Rand Fishkin: And they moved into an office space few years ago and he knocked on the door of some game developers next to him. Was like, hey guys, I'm Ted. I just wanted to introduce myself. And eventually they built a friendship and they hired him. And now that company's just wildly successful. Small team, 25 people. Built an incredible product that's loved by millions. It's those kinds of stories. It's those kind of people. So, I would say a little less the publications, I mean one of the ones that I love reading, because it has a lot of these stories, is Indie Hackers from Courtland Allen. Those kinds of things, more so than like, oh I read, I don't know, Search Engine Land or something. Not really anymore.

Charlie Grinnell: So, yeah, what, if you're thinking about the people who are listening to this episode, they're primarily marketing strategists, what would be kind of a piece of advice that you would give them that they should kind of be keeping top of mind over the next six to 12 months or something that might just be a piece of career advice?

Rand Fishkin: Oh man.

Charlie Grinnell: Hard questions here. Hard hitting.

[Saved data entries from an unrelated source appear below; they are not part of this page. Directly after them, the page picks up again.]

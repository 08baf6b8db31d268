//! Objects in arrays, member by member.

ghost use Rattle.std.specs.List.{flat_map};
ghost use Rattle.std.specs.Prelude.{◌≡◌, ◌++◌, [], IfOk, OnOk, codes, if◌then◌else◌, string_bytes};
ghost use Rattle.std.specs.Str.{chars};
ghost use Rattle.jpq_program.specs.Heads.{colon_text, comma_text, member_text};
ghost use Rattle.jpq_program.specs.Looks.{further_in, object_closing, object_opening, object_text, value_text};

use jsonpath_lines::Layout;
use std::alloc::{AllocError, Global};

/// What stands after a member's name.
fn colon(layout: Layout) -> &'static str
    ensures { result.now ≡ colon_text layout }
{
    match layout {
        Layout::Compact => ":",
        Layout::Pretty => ": ",
    }
}

/// What stands after a member that is not the last.
fn comma(layout: Layout) -> &'static str
    ensures { result.now ≡ comma_text layout }
{
    match layout {
        Layout::Compact => ",",
        Layout::Pretty => ",\n    ",
    }
}

/// What an object begins with.
fn opening(layout: Layout) -> &'static str
    ensures { result.now ≡ object_opening layout }
{
    match layout {
        Layout::Compact => "{",
        Layout::Pretty => "\n  {\n    ",
    }
}

/// What an object ends with.
fn closing(layout: Layout) -> &'static str
    ensures { result.now ≡ object_closing layout }
{
    match layout {
        Layout::Compact => "}",
        Layout::Pretty => "\n  }",
    }
}

/// Appends a member of an object, by the JSON of its value, and what stands after it.
pub(crate) fn push_member(
    to: &mut String,
    layout: Layout,
    name: &str,
    json: &str,
) -> Result<(), AllocError>
    ensures { OnOk result (string_bytes to.new
        ≡ string_bytes to.old ++ member_text layout name.now json.now) }
{
    to.push('"')?;
    to.push_str(name)?;
    to.push('"')?;
    to.push_str(colon(layout))?;
    to.push_str(json)?;
    to.push_str(comma(layout))
}

/// Appends the comma before an object that is later than the first in its array.
fn push_comma(to: &mut String, is_later: bool) -> Result<(), AllocError>
    ensures { OnOk result (string_bytes to.new
        ≡ string_bytes to.old ++ (if is_later then codes "," else [])) }
{
    if is_later {
        return to.push(',');
    }
    Ok(())
}

/// Appends the last member of a node's object, by its JSON, and the object's end.
fn push_value(to: &mut String, layout: Layout, json: &str) -> Result<(), AllocError>
    ensures { OnOk result
        (string_bytes to.new ≡ string_bytes to.old ++ value_text layout json.now) }
{
    to.push_str("\"value\"")?;
    to.push_str(colon(layout))?;
    to.push_str(json)?;
    to.push_str(closing(layout))
}

/// Appends a node's object, by the JSON strings of its path and its value, after other members.
pub(crate) fn push_members(
    to: &mut String,
    layout: Layout,
    is_later: bool,
    members: &str,
    path: &str,
    value: &str,
) -> Result<(), AllocError>
    ensures { OnOk result (string_bytes to.new ≡ string_bytes to.old
        ++ object_text layout is_later members.now path.now value.now) }
{
    push_comma(to, is_later)?;
    to.push_str(opening(layout))?;
    to.push_str(members)?;
    push_member(to, layout, "path", path)?;
    push_value(to, layout, value)
}

/// Appends a character of JSON whose lines after the first are four spaces further in.
fn push_further_in(to: &mut String, c: char) -> Result<(), AllocError>
    ensures { OnOk result (string_bytes to.new ≡ string_bytes to.old ++ further_in c) }
{
    if c == '\n' {
        return to.push_str("\n    ");
    }
    to.push(c)
}

/// JSON whose lines after the first are four spaces further in.
pub(crate) fn set_further_in(alloc: Global, json: &str) -> Result<String, AllocError>
    ensures { IfOk result (λ text. string_bytes text ≡ flat_map further_in (chars json.now)) }
{
    let mut text = String::new(alloc);
    for c in json.chars() {
        push_further_in(&mut text, c)?;
    }
    Ok(text)
}
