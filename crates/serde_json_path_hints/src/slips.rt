//! The table of slips, by the kind of refusal. Of two slips that are both there, the first is named.

/// The rows of a table: what is before the place, what is ahead of it, and what was probably meant.
macro_rules! slips {
    ($($before:expr, $ahead:expr => $meant:expr;)*) => {
        &[$(($before, $ahead, $meant)),*]
    };
}

mod calls;
mod expressions;
mod operands;
mod paths;
mod selectors;
mod texts;

ghost use Rattle.std.specs.Prelude.{◌≡◌, ◌++◌, map};
ghost use Rattle.serde_json_path_functions.specs.Terms.{numbers_view};
ghost use Rattle.serde_json_path_hints.specs.Inside.Lent.{slip_of};
ghost use Rattle.serde_json_path_hints.specs.Hints.{slips_of};

use crate::slip::Slip;
use crate::slips::operands::{
    AFTER_LITERAL, AFTER_OPERAND, CLOSING_PARENTHESIS, WORD_AFTER_OPERAND,
};
use serde_json_path_functions::Numbers;
use serde_json_path_parser::ParseErrorKind;

/// The slips of a kind of refusal by a rule for numbers: its own, and after them those that it shares with other kinds, in two
/// tables.
pub(crate) fn slips_of(
    kind: ParseErrorKind,
    numbers: Numbers,
) -> (&'static [Slip], &'static [Slip], &'static [Slip])
    ensures { map slip_of result.0.now ++ (map slip_of result.1.now ++ map slip_of result.2.now)
        ≡ slips_of (numbers_view numbers) kind }
{
    use ParseErrorKind as Kind;
    match kind {
        Kind::ExpectedRoot => (paths::ROOT, &[], &[]),
        Kind::BadMemberName => (paths::MEMBER_NAME, &[], &[]),
        Kind::TextAfterPath => (paths::AFTER_PATH, &[], &[]),
        Kind::ExpectedSelector => (selectors::SELECTOR, &[], &[]),
        Kind::ExpectedClosingBracket => (
            selectors::CLOSING_BRACKET,
            WORD_AFTER_OPERAND,
            AFTER_OPERAND,
        ),
        Kind::IntegerOutOfRange => (selectors::INTEGER, &[], &[]),
        Kind::ExpectedClosingParenthesis => {
            (CLOSING_PARENTHESIS, WORD_AFTER_OPERAND, AFTER_OPERAND)
        }
        Kind::ExpectedComparisonOperator => (AFTER_LITERAL, WORD_AFTER_OPERAND, AFTER_OPERAND),
        Kind::ExpectedExpression => (expressions::EXPRESSION, &[], &[]),
        Kind::NonSingularQuery => (expressions::COMPARED_QUERY, &[], &[]),
        Kind::NestedTooDeep => (expressions::NESTING, &[], &[]),
        Kind::UndefinedFunction => (calls::FUNCTION, &[], &[]),
        Kind::WrongNumberOfArguments => (calls::NUMBER_OF_ARGUMENTS, &[], &[]),
        Kind::WrongArgumentType => (calls::ARGUMENT, &[], &[]),
        Kind::WrongReturnType => (calls::RESULT, &[], &[]),
        Kind::ExpectedEndingQuote => (texts::ENDING_QUOTE, &[], &[]),
        Kind::BadEscape => (texts::ESCAPE, &[], &[]),
        Kind::ControlCharacter => (texts::CONTROL_CHARACTER, &[], &[]),
        Kind::ExponentOrEmptyFraction => match numbers {
            Numbers::Whole => (texts::EXPONENT, &[], &[]),
            Numbers::All => (texts::DIGIT, &[], &[]),
        },
        Kind::FractionTooLong => (texts::FRACTION, &[], &[]),
        Kind::NumberOutOfRange => match numbers {
            Numbers::Whole => (texts::NUMBER, &[], &[]),
            Numbers::All => (texts::DOUBLE, &[], &[]),
        },
        Kind::NoMemory => (&[], &[], &[]),
    }
}
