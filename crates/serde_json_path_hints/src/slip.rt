//! A slip, and the first of several that is there.

ghost use Rattle.std.specs.Prelude.{◌≡◌, ◌++◌, option_map, map};
ghost use Rattle.serde_json_path_hints.specs.Hints.{is_there, first_hint, before_place, ahead_of_place};
ghost use Rattle.serde_json_path_hints.specs.Inside.Lent.{slip_of};

use crate::condition::{Side, is_met};

/// A slip: what the text before the place is like, what the text from the place on is like, and what was probably meant.
pub(crate) type Slip = (Side, Side, &'static str);

/// Whether a slip is there, between what is before the place and what is ahead.
fn is_there(slip: &Slip, before: &[u8], ahead: &[u8]) -> bool
    ensures { result ≡ is_there before.now ahead.now (slip_of slip.now) }
{
    let (of_before, of_ahead, _) = slip;
    is_met(of_before, before) && is_met(of_ahead, ahead)
}

/// The hint of the first slip that is there.
pub(crate) fn first_there(
    slips: &'static [Slip],
    before: &[u8],
    ahead: &[u8],
) -> Option<&'static str>
    ensures { option_map (λ s. s.now) result
        ≡ first_hint before.now ahead.now (map slip_of slips.now) }
{
    for slip in slips {
        if is_there(slip, before, ahead) {
            return Some(slip.2);
        }
    }
    None
}

/// The hint of the first slip that is there, in one table or else in another.
pub(crate) fn first_of_two(
    slips: &'static [Slip],
    others: &'static [Slip],
    before: &[u8],
    ahead: &[u8],
) -> Option<&'static str>
    ensures { option_map (λ s. s.now) result
        ≡ first_hint before.now ahead.now (map slip_of slips.now ++ map slip_of others.now) }
{
    match first_there(slips, before, ahead) {
        Some(hint) => Some(hint),
        None => first_there(others, before, ahead),
    }
}

/// The text before a place and the text from it on, both without the blanks beside the place. Positions count from 1.
pub(crate) fn sides(text: &[u8], position: usize) -> (&[u8], &[u8])
    ensures before { result.0.now ≡ before_place position text.now }
    ensures ahead { result.1.now ≡ ahead_of_place position text.now }
{
    let place = position.saturating_sub(1).min(text.len());
    let (before, ahead) = text.split_at(place);
    (before.trim_ascii_end(), ahead.trim_ascii_start())
}
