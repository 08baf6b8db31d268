//! What stands at a place of a path's text: a token, or a string that is left open.

use unicode_segmentation::UnicodeSegmentation;

/// How many bytes of a word a message gives at most.
const LONGEST_WORD: usize = 24;

/// Whether a character is one of a word.
fn is_of_word(c: char) -> bool {
    c.is_ascii_alphanumeric() || c == '_'
}

/// Whether a character is one of an operator.
fn is_of_operator(c: char) -> bool {
    matches!(c, '=' | '!' | '<' | '>' | '&' | '|' | '~')
}

/// The characters at the start of a text that pass a test, as far as a message gives them.
fn front<P: Fn(char) -> bool>(text: &str, passes: P) -> &str
    requires { P.IsAlwaysCallable passes }
{
    let end = text.find(|c| !passes(c)).unwrap_or(text.len());
    text.get(..end.min(LONGEST_WORD)).unwrap_or("")
}

/// What a text begins with: a word, an operator, or a character as it is seen; nothing of an empty one.
pub(crate) fn first_token(text: &str) -> &str {
    match (front(text, is_of_word), front(text, is_of_operator)) {
        ("", "") => text.graphemes(true).next().unwrap_or(""),
        ("", operator) => operator,
        (word, _) => word,
    }
}

/// Where the string that a text leaves open was opened: the number of the quote's byte, from 1.
pub(crate) fn open_quote(text: &str) -> Option<usize> {
    let mut open: Option<(usize, u8)> = None;
    let mut escaped = false;
    for (index, b) in text.bytes().enumerate() {
        match open {
            None if b == b'\'' || b == b'"' => open = Some((index, b)),
            None => {}
            Some(_) if escaped => escaped = false,
            Some(_) if b == b'\\' => escaped = true,
            Some((_, quote)) if b == quote => open = None,
            Some(_) => {}
        }
    }
    open.map(|(index, _)| index.saturating_add(1))
}
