//! What is written of a document.

ghost use Rattle.std.specs.Prelude.{◌≡◌, ◌+◌, ◌||◌, [], Bool, List, None, IfErr, IfOk, OnOk, false, nat_lt, string_bytes, true};
ghost use Rattle.serde_json_path_functions.specs.Patterns.{builtin_functions};
ghost use Rattle.serde_json.specs.Data.{Data};
ghost use Rattle.serde_json_path_core.specs.Inside.Words.{view, Located, OnlyMemoryOrPattern, Selects};
ghost use Rattle.serde_json_path.specs.Paths.{path_tree, with_rule_of};
ghost use Rattle.jsonpath_lines.specs.Inside.{once};
ghost use Rattle.jpq_program.specs.Answers.{IsAnswerInPart, has_nodes, look_after, lower, with_most};
ghost use Rattle.jpq_program.specs.Inside.{AnswersAll, AnswersBy, AnswersEach, AnswersPath, AreSelected, AreShownAs, Begins, BeginsFirst, Counts, FilledNodes, IsAsked, OnlyNotes, OnlyRefuses, Sends, SendsBy, SendsDocument, ShowsAs, IsAside, TookFirst, all_in_part_by, asked_look, each_in_part_by, has_counts, head_by, is_done, look_of, shown_in_part_by, total_by, wanted_in_part_by};
ghost use Rattle.jpq_program.specs.Looks.{is_array};

use crate::answers::push_answer;
use crate::asked_path::AskedPath;
use crate::inexact::inexact_number;
use crate::meant::has_children;
use crate::showing::{Showing, end_of};
use crate::source::{Heads, Source, shown_name};
use crate::streams::{Next, Stop, Streams};
use crate::tables::separator_of;
use crate::written::Written;
use jpq_options::options::Shown;
use jsonpath_document::read_document;
use jsonpath_lines::{Form, Output, distinct_nodes};
use serde_json::Value;
use serde_json_path::functions::CachedPatterns;
use serde_json_path::{LocatedNode, QueryError};
use std::alloc::Global;
use std::io::Write;
use std::mem::replace;

/// A document, or what of it the paths can reach, and where it comes from.
#[derive(Clone, Copy, Drop)]
pub(crate) struct Document<'d> {
    pub(crate) source: Source<'d>,
    pub(crate) bytes: &'d [u8],
    pub(crate) value: &'d Value,
}

/// What is asked of each document, and how it is shown.
#[derive(Drop)]
pub(crate) struct Answering<'a> {
    pub(crate) alloc: Global,
    pub(crate) paths: &'a [AskedPath],
    pub(crate) functions: CachedPatterns<'a>,
    pub(crate) shown: Shown,
    pub(crate) showing: Showing<'a>,
    pub(crate) heads: Heads,
    /// Whether notes are left out.
    pub(crate) silent: bool,
}

/// The lower of two limits.
fn lower(one: Option<u64>, other: Option<u64>) -> Option<u64>
    ensures { result ≡ lower one other }
{
    match (one, other) {
        (Some(one), Some(other)) => Some(one.min(other)),
        (None, limit) | (limit, None) => limit,
    }
}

Rand Fishkin: Yeah. I think one of the best pieces of career advice I could give someone in marketing is to specialize. I think there's a lot of pressure to oh, well you don't know about email marketing or you don't really understand digital advertising space or you don't get SEO or you're not deep into content, but I actually think you're going to have more success as an individual contributor, generally speaking, if you focus and go deep. And you can do really exciting things with that. You can become an independent consultant.

Rand Fishkin: You can be a high level player at an individual company that desperately needs your services. And that focus is very hard to compete with as a generalist. It's really hard to say, oh, I'm a marketing generalist, but I'm just as good at whatever, programmatic ads as this specialist over here. Generally, no. And if you're a programmatic ad specialist who works with Shopify businesses in e-commerce, Ooh, that's, you know what, that's still a huge sector, billions of dollars being spent there and that level of specialization also incredibly useful. You can build up a great reputation among a small number of people in that field and have a phenomenal career. So, I would urge folks to specialize. I think my specialization for my first 17 years of my career in SEO really helped.

Charlie Grinnell: It's funny you bring that up. I think I was just thinking about times where, when I was sitting on the brand side of things and I was building teams, I was trying to hire and build out a social team. So, the title social media manager is so broad, but I'm like, okay, your background is in social. Are you a content person, a paid person, an analytics person, a community management person? What is that? And so you're not going to be good at everything. So, I kind of always ask people sitting down, I'm like, what's your deep specialty? I know that you know enough to be dangerous probably in all aspects. But what is the thing that you are known as an absolute gangster for.

Rand Fishkin: Yeah, man, I like that.

Charlie Grinnell: Okay. Last question for you. I've learned a ton from you. Where's the best place for people to get ahold of you and if they have any questions to ask you?

Rand Fishkin: Yeah, I am most active on Twitter, as I mentioned, where I'm @RandFish. A also blog, although it's going to slow summer for me on the blogging front at sparktoro.com/blog. And of course if anybody wants to, we have a forever free account, you can just sign up for and play around with and do a bunch of searches every month at sparktoro.com.

Charlie Grinnell: Cool. Well, Rand, thank you so much for taking the time. You're someone who I wanted to chat with for a long time. And I really appreciate it. I learned a lot and I'm sure everybody else did as well.

Rand Fishkin: Oh, my pleasure. Thanks for having me, Charlie.